# Old Fashioned Morphine



## AlwaysLost (Oct 23, 2017)

Some of the best singing with a travelling video. This song will bring me out or retirement (briefly) as soon as I am able.


----------



## sd40chef (Oct 23, 2017)

great cover. travelled in nova scotia and newfoundland with some people, including sarah (girl on the right side playing banjo), a few years back.


----------



## Odin (Oct 23, 2017)

This ... this is the same.... sirens... I remember that sound!


----------



## Odin (Oct 23, 2017)

Bravo.


----------



## rooster831 (Oct 24, 2017)

yeah old fashioned morphine sounds good to me


----------



## Athena212 (Nov 6, 2017)

I dig it


----------



## AlwaysLost (Nov 7, 2017)

Athena212 said:


> I dig it



Off Topic but welcome to STP Athena Goddess of Wisdom, Strategy and War.
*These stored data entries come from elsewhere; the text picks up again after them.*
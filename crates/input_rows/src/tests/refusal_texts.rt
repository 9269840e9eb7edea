use script_input::{Refusal, ScriptStop, read_script};
use std::alloc::Global;
use std::test::Fail;

fn stop_text(alloc: Global, text: &str) -> Result<String, Fail> {
    match read_script(alloc, text.as_bytes()) {
        Ok(_) => Ok(String::from_str(alloc, "read")?),
        Err(stop) => Ok(stop.to_string(alloc)?),
    }
}

/// Scripts, with the text of each refusal.
const TEXTS: &[(&str, &str)] = &[
    ("nul", "refused X1"),
    ("[]", "refused X2"),
    ("{}", "refused X2 /start"),
    (r#"{"start":[1]}"#, "refused X2 /start/0"),
    (
        r#"{"start":[],"isolated_origins":["about:blank"]}"#,
        "refused X3 /isolated_origins/0",
    ),
    (
        r#"{"start":[],"suffixes":"com\n\n!x"}"#,
        "refused X4 line 3",
    ),
    (
        r#"{"start":[],"resources":[{"url":"https://a.com/","headers":[["a","b"],["","x"]]}]}"#,
        "refused X5 /resources/0/headers/1/0",
    ),
    (r#"{"start":[],"soft_limit":65}"#, "refused X6 /soft_limit"),
    (
        r#"{"start":[],"resources":[{"url":"https://a.com/"},{"url":"https://a.com/"}]}"#,
        "refused X7 /resources/1/url",
    ),
];

#[test]
fn refusals_have_texts(rt: HostRuntime) -> Result<(), Fail> {
    for (text, want) in TEXTS {
        let found = stop_text(rt.alloc(), text)?;
        assert_eq!(rt; found.as_str(), *want);
    }
    Ok(())
}

#[test]
fn a_refusal_of_the_whole_script_has_a_text(rt: HostRuntime) -> Result<(), Fail> {
    let found = Refusal::whole(rt.alloc(), 8).to_string(rt.alloc())?;
    assert_eq!(rt; found.as_str(), "refused X8");
    Ok(())
}

#[test]
fn want_of_memory_has_a_text(rt: HostRuntime) -> Result<(), Fail> {
    let found = ScriptStop::NoMemory.to_string(rt.alloc())?;
    assert_eq!(rt; found.as_str(), "no memory");
    Ok(())
}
Two gods of war responding to one post that is pretty epic.


----------



## Athena212 (Nov 7, 2017)

Thank you; I agree pretty epic.


----------



## Deleted member 20975 (Mar 8, 2018)

sd40chef said:


> great cover. travelled in nova scotia and newfoundland with some people, including sarah (girl on the right side playing banjo), a few years back.


Did a guy and his dog pick you up in a black honda civic and rip around while blasting anti-cimex really loud as you fell asleep? Hahaha. If so that was me. Spun a 40 then got soaked in my shitty tent and ended up crashing in my car.


----------



## Deleted member 20975 (Mar 8, 2018)

Good old fashioned cocaine ;D


----------